Copy out exactly the lines from the line containing "nothing was late." to the end of the listing.

-- THE DATA --
═══

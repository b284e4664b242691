//! Records within grace are never late. Laws alone: each public function has an empty body, and its contract is the law.
ghost use Rattle.ks_law_settled.specs.InTime.{TimesAreOfItems, NothingIsLate};

/// In every state of every uncrashed run of every well-formed topology: the greatest time that a windowed count has seen in a task is
/// at most the greatest time of all its grouped items; and where the job's records are within grace (each window of each grouped item
/// is open at that greatest time), nothing was late.
pub fn records_in_time_are_never_late()
    ensures times { TimesAreOfItems }
    ensures late { NothingIsLate }
{}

═══

-- WRITTEN REPLY --
/// is open at that greatest time), nothing was late.
pub fn records_in_time_are_never_late()
    ensures times { TimesAreOfItems }
    ensures late { NothingIsLate }
{}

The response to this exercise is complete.